The user draws the polygon with the mouse, which works like this: http://bl.ocks.org/bycoffe/5575904

Every time the mouse moves (gets new coordinates), we have to add the current mouse location to the polygon, and then we have to loop through all the points and call the pointInPolygon function on the point on every iteration. I have throttled the event already to improve performance:

handleCurrentMouseLocation = throttle(function (mouseLocation, points, polygon) {
    let pointIDsInPolygon = []
    polygon.push(mouseLocation)

    for (let point in points) {
        if (pointInPolygon(point, polygon) {
            pointIDsInPolygon.push(point.id)
        }
    }
    return pointIDsInPolygon
}, 100)

This works fine when the number of points is not that high (<200), but in my current project, we have over 4000 points. Iterating through all these points and calling the pointInPolygon function for each point every 100 ms makes the whole thing very laggy.

I am looking for a quicker way to accomplish this. For example: maybe, instead of triggering this function every 100 ms when the mouse is drawing the polygon, we could look up some of the closest points to the mouse location and store this in a closestPoints array. Then, when the mouse x/y gets higher/lower than a certain value, it would only loop through the points in closestPoints and the points already in the polygon. But I don't know what these closestPoints would be, or if this whole approach even makes sense. But I do feel like the solution is in decreasing the number of points we have to loop through every time.

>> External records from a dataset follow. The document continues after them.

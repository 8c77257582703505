ghost use Rattle.std.specs.Prelude.{◌≡◌, ◌<◌, ◌⊎◌, ◌↔◌, true, List, map, Err};
ghost use Rattle.krieg_board.specs.Pos.{Pos};
ghost use Rattle.krieg_theory.specs.Sets.{In};
ghost use Rattle.krieg_costs.specs.Cost.{cost_of};
ghost use Rattle.krieg_game.specs.Chess.{chess};
ghost use Rattle.krieg_game.specs.Outset.{outset};
ghost use Rattle.krieg_plan.specs.Order.{is_ordered_plan};
ghost use Rattle.krieg_parting.specs.Turns.{IsOwnTurn, IsOthersTurn};
ghost use Rattle.krieg_search.specs.declared.stop.SearchStop.TheVariants.{Spent, NoMemory};
ghost use Rattle.krieg_search.specs.Openings.{AreNumbered, opening_in};
ghost use Rattle.krieg_search.specs.Decision.{sets_in};
ghost use Rattle.krieg_search.specs.WonSets.{WonBy, IsPaidFor};
ghost use Rattle.krieg_solve.specs.Building.{roots_for};
ghost use Rattle.krieg_solve.specs.BuiltPlan.{IsPlanned};
ghost use Rattle.krieg_solve.specs.Solutions.{IsAnswer, IsCharged, HasAccount, IsChargedAtMost, Takes};

use crate::build::Builder;
use crate::roots::{Roots, build_roots};
use krieg_board::{Side, Units};
use krieg_pack::Belief;
use krieg_plan::Plan;
use krieg_search::decide::{Decision, Findings, decide};
use krieg_search::{SearchStop, Way};
use krieg_words::Dialect;
use std::alloc::Global;

/// What a search finds.
#[derive(Drop)]
pub enum Answer {
    /// The plan mates every listed position, and this is its worst case.
    Mates { worst: u8, plan: Plan },
    /// No plan mates every listed position within the number of moves that was asked.
    None,
}

/// The canonical plan, where the set of every opening can be won. `Large` comes exactly where it has more than `nodes`
/// nodes, or more than 2,500 on a path.
fn build_plan(
    alloc: Global,
    d: Dialect,
    won: Findings,
    moves: u8,
    nodes: usize,
) -> Result<Answer, SearchStop>
    requires paid { IsPaidFor d true won.table }
    requires numbered { AreNumbered won.table won.openings.items }
    requires won { (C : List Pos) → In C (sets_in won.table won.openings.items)
        → WonBy won.table C moves }
    requires ordered { is_ordered_plan (roots_for d moves
        (map (opening_in won.table) won.openings.items)) ≡ true }
    ensures { IsPlanned d moves (map (opening_in won.table) won.openings.items) nodes result }
{
    let Findings {
        table,
        openings,
        notes,
    } = won;
    drop(notes);
    let mut builder = Builder { table, left: nodes };
    let built = build_roots(alloc, d, &mut builder, &openings, moves);
    drop(builder.table);
    let Roots { worst, roots } = built?;
    Ok(Answer::Mates {
        worst,
        plan: Plan::make(roots),
    })
}

/// Whether memory was not found.
fn wants_memory(found: &Result<Answer, SearchStop>) -> bool
    ensures { (result ≡ true) ↔ (found.now ≡ Err NoMemory) }
{
    matches!(found, Err(SearchStop::NoMemory))
}

/// The answer of a search, which may cut tries or not.
fn answer_for(
    way: Way,
    who: Side,
    b: &Belief,
    moves: u8,
    nodes: usize,
    units: &mut Units,
) -> Result<Answer, SearchStop>
    requires turn { IsOwnTurn who b.now ⊎ IsOthersTurn who b.now }
    ensures answer { IsAnswer way.d who b.now moves nodes result }
    ensures units { Takes way.d who b.now moves way.cut result units.old units.new }
{
    let mut left = Units::new(units.left());
    let found = match decide(way, who, b, moves, &mut left)? {
        Decision::Won(won) => build_plan(way.alloc, way.d, won, moves, nodes),
        Decision::Over => Ok(Answer::None),
        Decision::Lost(lost) => {
            drop(lost);
            Ok(Answer::None)
        }
    };
    if !wants_memory(&found) {
        *units = Units::new(left.left());
    }
    found
}

/// The best plan of the side `who` for the listed positions, as the umpire tells games in the dialect, or that none
/// mates all of them within `moves`.
///
/// `Mates` has the canonical plan with its worst case, below which no plan mates. `None` comes only where no plan
/// mates within `moves`, and `Large` only where the canonical plan does and has more than `nodes` nodes, or more than
/// 2,500 on a path: since these exclude each other, each comes exactly then, if neither units nor memory are wanting.
///
/// The units are those of krieg_costs. An answer, and `Large`, take exactly what their `account` says: what the first
/// replies take, and for each set that was searched with some number of moves, for each of its tries up to the first that
/// wins, one unit for each position and one for each reply. The account has no set twice with the same number, and only what
/// is reached. So it is at least the floor and at most what is fresh. `Spent` comes only where fewer units are left than are
/// fresh, and so fewer than the cost. It takes none, and neither does `NoMemory`.
///
/// Within 0 moves no plan mates a list that has a position. The same side is to move in all listed positions. `NoMemory` comes
/// for want of memory, and for more than 100,000,000 different sets, which are all that a table keeps: each but the sets of
/// openings takes a unit at least.
pub fn solve(
    alloc: Global,
    d: Dialect,
    who: Side,
    b: &Belief,
    moves: u8,
    nodes: usize,
    units: &mut Units,
) -> Result<Answer, SearchStop>
    requires turn { IsOwnTurn who b.now ⊎ IsOthersTurn who b.now }
    ensures answer { IsAnswer d who b.now moves nodes result }
    ensures units { IsCharged d who b.now moves result units.old units.new }
    ensures account { HasAccount d who b.now moves result units.old units.new }
    ensures cost { result ≡ Err Spent → units.old < cost_of (chess d) (outset d who) moves b.now }
{
    let way = Way {
        alloc,
        d,
        cut: false,
        noted: 0,
    };
    answer_for(way, who, b, moves, nodes, units)
}

/// The same answer as `solve`, mostly for far fewer units: a try fails at once where some reply is found to leave a
/// position that is no mate in time even for a player who sees it.
///
/// The units are those of `solve`, but there is no floor: an answer, and `Large`, take at most what the account says, and
/// so at most what is fresh. A try that fails at once for such a reply takes nothing. `Spent` comes only where fewer units
/// are left than are fresh. It takes none, and neither does `NoMemory`.
///
/// To find such replies at most as many looks are taken as there are units at the call, each at a position or at all squares of a
/// king who is alone, and these take none. Where they are used up, or memory for what is found of them is wanting, the search goes on without: so with just the units that
/// an answer took it may come to `Spent`.
///
/// No other moves, positions and sides may be asked for than by `solve`.
pub fn find(
    alloc: Global,
    d: Dialect,
    who: Side,
    b: &Belief,
    moves: u8,
    nodes: usize,
    units: &mut Units,
) -> Result<Answer, SearchStop>
    requires turn { IsOwnTurn who b.now ⊎ IsOthersTurn who b.now }
    ensures answer { IsAnswer d who b.now moves nodes result }
    ensures units { IsChargedAtMost d who b.now moves result units.old units.new }
    ensures account { Takes d who b.now moves true result units.old units.new }
{
    let way = Way {
        alloc,
        d,
        cut: true,
        noted: 0,
    };
    answer_for(way, who, b, moves, nodes, units)
}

To be clear, the over 4000 points in my project are fixed- they are not generated dynamically, but always have exactly the same coordinates. In fact, the points represent centroids of polygons, which represent boundaries of municipalities on a map. So it is, for example, possible to calculate the closestPoints for every point in advance (in this case we would calculate this for the points, not the mouse location like in the previous paragraph).

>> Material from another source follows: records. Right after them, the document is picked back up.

//! What keys are over trees, as a theorem: the function does nothing, and its contract is the law. `krieg_search` has the laws of plans,
//! costs and refutations.

ghost use Rattle.krieg_words.specs.declared.dialects.Dialect.{Dialect};
ghost use Rattle.krieg_solve.specs.Laws.{KeysAreWon};

/// The keys of a set with a number are exactly the tries that are legal in some member and begin a tree that wins all of the set
/// within it.
pub fn keys_are_won()
    ensures { (d : Dialect) → KeysAreWon d }
{}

Any computational geometry expert who could help me with this?

trincot trincot · Accepted Answer · 2017-10-08T19:18:54

If I understand you correctly, a new point logged from the mouse will make the polygon one point larger. So if at a certain moment the polygon is defined by n points (0,1,...,n-1) and a new point p is logged, then the polygon becomes (0,1,...,n-1,p).

So this means that one edge is removed from the polygon and two are added to it instead.

For example, let's say we have 9 points on the polygon, numbered 0 to 8, where point 8 was the last point that was added to it:

The grey line is the edge that closes the polygon.

Now the mouse moves to point 9, which is added to the polygon:

The grey edge is removed from the polygon, and the two green ones are added to it. Now observe the following rule:

Points that are in the triangle formed by the grey and two green edges swap in/out of the polygon when compared to where they were before the change. All other points retain their previous in/out state.

So, if you would retain the status of each point in memory, then you only need to check for each point whether it is within the above mentioned triangle, and if so, you need to toggle the status of that point.

As the test for inclusion in a triangle will take less time than to test the same for a potentially complex polygon, this will lead to a more efficient algorithm.

You can further improve the efficiency, if you take the bounding rectangle of the triangle with corners at (x₀, y₀),(x₁, y₀),(x₁, y₁),(x₀, y₁). Then you can already skip over points that have an x or y coordinate that is out of range:

Any point outside of the blue box will not change state: if it was inside the polygon before the last point 9 was added, it still is now. Only for points within the box you'll need to do the pointInPolygon test, but on the triangle only, not the whole polygon. If that test returns true, then the state of the tested point must be toggled.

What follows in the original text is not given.